Dengan menahan malu akibat nyasar, kami berjalan memasuki desa. Dan kalimat penyambutan membuat kami tambah malu, “Nyasar ya A’?” diucapkan dengan polosnya oleh anak kecil yang sedang nongrong di bale-bale. Jawaban “iya” lirih diucapkan dengan cengiran tidak jelas. Untung ada penjual bakso yang mengalihkan dari topik nyasar. Ucup yang kepingin orson, langsung pesan. Begitupun Nita yang sudah nyidam fanta. Saya yang nyidam es buah tanpa buah (yang pastinya tidak ada), pasrah memilih air mineral. Udara setelah hujan jadi lumayan sejuk (dingin) dan bakso rasanya pas untuk mengganjal perut dan mengobati fantasi kami akibat kelelahan berjalan.

Hari mulai gelap dan kami putuskan untuk segera pulang. Sebagai rasa terima kasih kami kepada warga yang kami titipi motor dan sudah berbaik hati mengamankan helm kami saat hujan, kami hanya bisa menggantinya dengan uang Rp.20.000. Mereka sebenarnya tidak mematok harga, yang penting ikhlas dari kami.

Jalan yang waktu kami datang lumayan curam turunya, waktu kami pulang, jadi licin karena hujan. Dan..motor Hafit yang melewati lumpur, harus tumbang (lebay). Dan saya hanya bisa pasrah karena sudah tidak bisa pegangan lagi, terjatuh dan duduk kena lumpur (ini musti ada yang tanggung jawab sepertinya). Perjalanan dilanjutkan lagi diwarnai dengan hujan yang lama-lama makin deras.

Perjalanan lumayan lancar, hanya terhambat oleh buka tutup jalan parung dan insiden ayam yang berjatuhan dari motor pedagang ayam. Sampai Depok lagi, Detos lagi, pukul 8 malam. Istirahat sebentar di angkringan, mengisi perut untuk melanjutkan perjalan lagi, ke rumah masing-masing. Saya dan Nita pamit duluan untuk mengejar kereta terakhir, meninggalkan tiga cowok gampangan bermalam minggu :D.

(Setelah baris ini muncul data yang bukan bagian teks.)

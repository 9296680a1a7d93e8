// What comes of the case on a line: its kind, and behind that a text or, mostly, a list of words, each behind one space; *N behind a word lets it
// stand N times in all. A line that begins with # is no case: it says what the next cases are about.
use crate::kinds::Kind;
use crate::{books, forms, orders, stored};
use runs_kit::fault::Fault;
use runs_kit::kept::Kept;
use runs_kit::line;
use std::io;

// Runs a case by its name and what stands behind that, with what is kept.
fn case(
    rt: &(impl Print + AllocGlobal),
    name: &[u8],
    behind: Option<&[u8]>,
    kept: &mut Kept,
) -> Result<(), Fault> {
    let kind = Kind::from_name(name).ok_or(Fault::NotUnderstood)?;
    let given = || line::words(rt.alloc(), behind);
    match kind {
        Kind::Check => orders::check(rt, &given()?),
        Kind::K => orders::k(rt, &given()?),
        Kind::Subtree => orders::subtree(rt, &given()?),
        Kind::Cut => orders::cut(rt, &given()?),
        Kind::Part => orders::part(rt, &given()?),
        Kind::Read => forms::read(rt, behind),
        Kind::Back => forms::back(rt, behind),
        Kind::Write => forms::write(rt, &given()?),
        Kind::There => forms::there(rt, &given()?),
        Kind::Form => books::form(rt, &given()?),
        Kind::Open => books::open(rt, &given()?, kept),
        Kind::Lay => books::lay(rt, &given()?, kept),
        Kind::Show => books::show(rt, &given()?, kept),
        Kind::Teach => books::teach(rt, &given()?, kept),
        Kind::Withdraw => books::withdraw(rt, &given()?, kept),
        Kind::Ask => books::ask(rt, &given()?, kept),
        Kind::Choose => books::choose(rt, &given()?, kept),
        Kind::Agrees => books::agrees(rt, &given()?, kept),
        Kind::Join => books::join(rt, &given()?, kept),
        Kind::File => stored::file(rt, &given()?, kept),
        Kind::More => stored::more(rt, &given()?, kept),
        Kind::Put => stored::put(rt, &given()?, kept),
        Kind::Store => stored::store(rt, &given()?, kept),
        Kind::Load => stored::load(rt, &given()?, kept),
        Kind::Front => stored::front(rt, &given()?, kept),
        Kind::With => stored::with(rt, &given()?, kept),
        Kind::Start => stored::start(rt, &given()?, kept),
        Kind::Trip => stored::trip(rt, &given()?, kept),
        Kind::Again => stored::again(rt, &given()?, kept),
        Kind::Swap => stored::swap(rt, &given()?, kept),
    }
}

// Says a line, and what comes of the case on it.
pub fn run(rt: &(impl Print + AllocGlobal), line: &[u8], kept: &mut Kept) -> io::Result<()> {
    rt.write_all(line)?;
    println!(rt; "")?;
    let (name, behind) = line::split(line);
    if matches!(name, b"#") {
        return Ok(());
    }
    print!(rt; "  ")?;
    match case(rt, name, behind, kept) {
        Ok(()) => {}
        Err(Fault::NotUnderstood) => print!(rt; "not understood")?,
        Err(Fault::Io(error)) => return Err(error),
    }
    println!(rt; "")
}
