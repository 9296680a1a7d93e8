// What comes of a case of orders:
//   check W W ..             the words are checked to be an order
//   k K                      whether a k is allowed
//   subtree LINE W W ..      the subtree of a line of the order of these words
//   cut LINE D ROOM W W ..   its cut at D, written to an output of so many words
//   part LINE K ROOM W W ..  the part that the line stands for at K, likewise
// The call of `subtree` is made through the function for C (`ofb`); there is none for the others.
use figures::{Depth, asked_number};
use order::Kind;
use runs_kit::fault::Fault;
use runs_kit::lent::{self, HELD, MOST};
use runs_kit::{line, say};

// Runs a case of `check`.
pub fn check(rt: &impl Print, given: &[u16]) -> Result<(), Fault> {
    let answer = order_check::check(given);
    print!(rt; "{}, line {}", answer.number, answer.line)?;
    Ok(())
}

// Runs a case of `k`.
pub fn k(rt: &impl Print, given: &[u16]) -> Result<(), Fault> {
    let &[k] = given else {
        return Err(Fault::NotUnderstood);
    };
    print!(rt; "{}", asked_number(Depth::new(k)))?;
    Ok(())
}

// Runs a case of `subtree`: says the tree at the place that is answered, or that this is no place in the order.
pub fn subtree(rt: &(impl Print + AllocGlobal), given: &[u16]) -> Result<(), Fault> {
    let [line, order @ ..] = given else {
        return Err(Fault::NotUnderstood);
    };
    let part = ofb::ofb_subtree(order, usize::from(*line));
    let start = part.start as usize;
    match order.get(start..start + part.words as usize) {
        Some(words) => print!(rt; "{}", say::tree(rt.alloc(), words)?)?,
        None => print!(rt; "no place in the order")?,
    }
    Ok(())
}

// Runs a case of `cut`: writes the cut at d of a line to an output, and says what came of it.
pub fn cut(rt: &(impl Print + AllocGlobal), given: &[u16]) -> Result<(), Fault> {
    let [line, d, room, order @ ..] = given else {
        return Err(Fault::NotUnderstood);
    };
    let room = line::room(usize::from(*room), MOST)?;
    let mut out = vec![in rt.alloc(); HELD; room]?;
    let written = order_cuts::cut_into(order, usize::from(*line), usize::from(*d), &mut out);
    lent::tree(rt, written, &out)?;
    Ok(())
}

// A kind of part in words.
fn named(kind: Kind) -> &'static str {
    match kind {
        Kind::Absent => "absent",
        Kind::Low => "low",
        Kind::Middle => "middle",
    }
}

// Runs a case of `part`: writes the part of a line to an output, and says what came of it.
pub fn part(rt: &(impl Print + AllocGlobal), given: &[u16]) -> Result<(), Fault> {
    let [line, k, room, order @ ..] = given else {
        return Err(Fault::NotUnderstood);
    };
    let Some(k) = Depth::new(*k) else {
        return Err(Fault::NotUnderstood);
    };
    let room = line::room(usize::from(*room), MOST)?;
    let mut out = vec![in rt.alloc(); HELD; room]?;
    let found = order_parts::part_into(order, usize::from(*line), k, &mut out);
    print!(rt; "{}, ", named(found.kind))?;
    lent::tree(rt, found.written, &out)?;
    Ok(())
}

Gunung Munara cocok bagi yang ingin latihan rockclimbing dan rappelling, bisa juga untuk pemanasan sebelum ke gunung yang lebih tinggi atau hanya sekedar memanfaatkan waktu senggang di akhir pekan (seperti kami). Bagi yang ingin berkunjung ke Gunung Munara, siapkan perbekalan secukupnya. Pakai pakaian yang nyaman dipakai karena tidak ada dingin-dinginnya (ketinggian 1126 mdpl). Kalau ingin rockclimbing atau rappelling bawa peralatan yang lengkap, demi keamanan. Tetap jaga kebersihan, jangan buang sampah sembarangan dimanapun. Dan..diusahakan jangan nyasar terlalu jauh :D

Naik gunung tidak harus tinggi, tidak harus jauh sampai ke ujung dunia. Yang penting niat baik, kebersamaan dan pengalaman yang ingin kita tambah dan bagi dari suatu perjalanan. Salam lestari, sampai jumpa di trip berikutnya.